__Work to complete__
Could you retype the entries exactly as they are?

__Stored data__
▬▬▬▬▬▬

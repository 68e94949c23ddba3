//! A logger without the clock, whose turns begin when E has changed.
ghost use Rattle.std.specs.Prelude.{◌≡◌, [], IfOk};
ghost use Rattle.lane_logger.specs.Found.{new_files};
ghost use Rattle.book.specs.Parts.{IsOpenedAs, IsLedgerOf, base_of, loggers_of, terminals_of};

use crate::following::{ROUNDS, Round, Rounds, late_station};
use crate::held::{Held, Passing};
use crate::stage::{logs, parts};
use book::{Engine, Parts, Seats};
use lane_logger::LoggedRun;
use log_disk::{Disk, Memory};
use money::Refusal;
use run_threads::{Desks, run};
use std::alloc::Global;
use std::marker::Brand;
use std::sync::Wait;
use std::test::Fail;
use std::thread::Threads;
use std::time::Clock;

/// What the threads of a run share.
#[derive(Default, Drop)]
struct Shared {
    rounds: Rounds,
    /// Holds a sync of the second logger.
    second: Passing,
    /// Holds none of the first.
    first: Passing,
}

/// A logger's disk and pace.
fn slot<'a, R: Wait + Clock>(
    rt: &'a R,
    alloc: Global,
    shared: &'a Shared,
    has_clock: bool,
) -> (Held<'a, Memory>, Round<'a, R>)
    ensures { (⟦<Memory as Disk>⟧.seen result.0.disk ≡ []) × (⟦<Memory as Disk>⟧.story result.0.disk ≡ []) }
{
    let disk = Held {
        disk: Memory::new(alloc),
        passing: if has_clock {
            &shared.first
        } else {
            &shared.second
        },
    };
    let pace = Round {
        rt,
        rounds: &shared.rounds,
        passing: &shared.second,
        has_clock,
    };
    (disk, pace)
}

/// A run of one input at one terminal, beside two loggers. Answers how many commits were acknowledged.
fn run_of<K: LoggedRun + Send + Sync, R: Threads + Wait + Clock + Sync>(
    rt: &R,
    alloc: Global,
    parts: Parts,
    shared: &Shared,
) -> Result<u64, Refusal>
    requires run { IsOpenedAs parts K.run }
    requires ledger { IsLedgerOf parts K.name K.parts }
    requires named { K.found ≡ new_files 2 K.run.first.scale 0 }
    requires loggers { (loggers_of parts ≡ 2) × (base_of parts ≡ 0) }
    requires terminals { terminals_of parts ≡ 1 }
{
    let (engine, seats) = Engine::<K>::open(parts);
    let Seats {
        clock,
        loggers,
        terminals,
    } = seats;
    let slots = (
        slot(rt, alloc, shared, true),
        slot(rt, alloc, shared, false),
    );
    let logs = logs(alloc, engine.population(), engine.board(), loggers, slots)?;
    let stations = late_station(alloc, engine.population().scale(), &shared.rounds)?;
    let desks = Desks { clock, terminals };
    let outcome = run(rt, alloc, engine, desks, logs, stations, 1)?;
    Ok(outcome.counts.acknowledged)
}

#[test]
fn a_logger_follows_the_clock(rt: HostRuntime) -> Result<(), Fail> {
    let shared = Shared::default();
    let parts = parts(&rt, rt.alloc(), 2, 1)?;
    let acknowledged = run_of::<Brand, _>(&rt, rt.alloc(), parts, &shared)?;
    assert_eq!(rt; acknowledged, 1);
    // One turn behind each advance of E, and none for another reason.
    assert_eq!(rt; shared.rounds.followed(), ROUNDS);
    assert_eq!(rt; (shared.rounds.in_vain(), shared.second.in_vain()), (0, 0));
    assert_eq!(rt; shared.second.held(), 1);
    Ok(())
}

▬▬▬▬▬▬

__Output of the task__
repository 68e94949c23ddba3
//! A logger without the clock, whose turns begin when E has changed.
ghost use Rattle.std.specs.Prelude.{◌≡◌, [], IfOk};
ghost use Rattle.lane_logger.specs.Found.{new_files};
ghost use Rattle.book.specs.Parts.{IsOpenedAs, IsLedgerOf, base_of, loggers_of, terminals_of};

use crate::following::{ROUNDS, Round, Rounds, late_station};
use crate::held::{Held, Passing};
use crate::stage::{logs, parts};
use book::{Engine, Parts, Seats};
use lane_logger::LoggedRun;
use log_disk::{Disk, Memory};
use money::Refusal;
use run_threads::{Desks, run};
use std::alloc::Global;
use std::marker::Brand;
use std::sync::Wait;
use std::test::Fail;
use std::thread::Threads;
use std::time::Clock;

/// What the threads of a run share.
#[derive(Default, Drop)]
struct Shared {
    rounds: Rounds,
    /// Holds a sync of the second logger.
    second: Passing,
    /// Holds none of the first.
    first: Passing,
}

/// A logger's disk and pace.
fn slot<'a, R: Wait + Clock>(
    rt: &'a R,
    alloc: Global,
    shared: &'a Shared,
    has_clock: bool,
) -> (Held<'a, Memory>, Round<'a, R>)
    ensures { (⟦<Memory as Disk>⟧.seen result.0.disk ≡ []) × (⟦<Memory as Disk>⟧.story result.0.disk ≡ []) }
{
    let disk = Held {
        disk: Memory::new(alloc),
        passing: if has_clock {
            &shared.first
        } else {
            &shared.second
        },
    };
    let pace = Round {
        rt,
        rounds: &shared.rounds,
        passing: &shared.second,
        has_clock,
    };
    (disk, pace)
}

/// A run of one input at one terminal, beside two loggers. Answers how many commits were acknowledged.
fn run_of<K: LoggedRun + Send + Sync, R: Threads + Wait + Clock + Sync>(
    rt: &R,
    alloc: Global,
    parts: Parts,
    shared: &Shared,
) -> Result<u64, Refusal>
    requires run { IsOpenedAs parts K.run }
    requires ledger { IsLedgerOf parts K.name K.parts }
    requires named { K.found ≡ new_files 2 K.run.first.scale 0 }
    requires loggers { (loggers_of parts ≡ 2) × (base_of parts ≡ 0) }
    requires terminals { terminals_of parts ≡ 1 }
{
    let (engine, seats) = Engine::<K>::open(parts);
    let Seats {
        clock,
        loggers,
        terminals,
    } = seats;
    let slots = (
        slot(rt, alloc, shared, true),
        slot(rt, alloc, shared, false),
    );
    let logs = logs(alloc, engine.population(), engine.board(), loggers, slots)?;
    let stations = late_station(alloc, engine.population().scale(), &shared.rounds)?;
    let desks = Desks { clock, terminals };
    let outcome = run(rt, alloc, engine, desks, logs, stations, 1)?;
    Ok(outcome.counts.acknowledged)
}

#[test]
fn a_logger_follows_the_clock(rt: HostRuntime) -> Result<(), Fail> {
    let shared = Shared::default();
    let parts = parts(&rt, rt.alloc(), 2, 1)?;
    let acknowledged = run_of::<Brand, _>(&rt, rt.alloc(), parts, &shared)?;
    assert_eq!(rt; acknowledged, 1);
    // One turn behind each advance of E, and none for another reason.
    assert_eq!(rt; shared.rounds.followed(), ROUNDS);
    assert_eq!(rt; (shared.rounds.in_vain(), shared.second.in_vain()), (0, 0));
    assert_eq!(rt; shared.second.held(), 1);
    Ok(())
}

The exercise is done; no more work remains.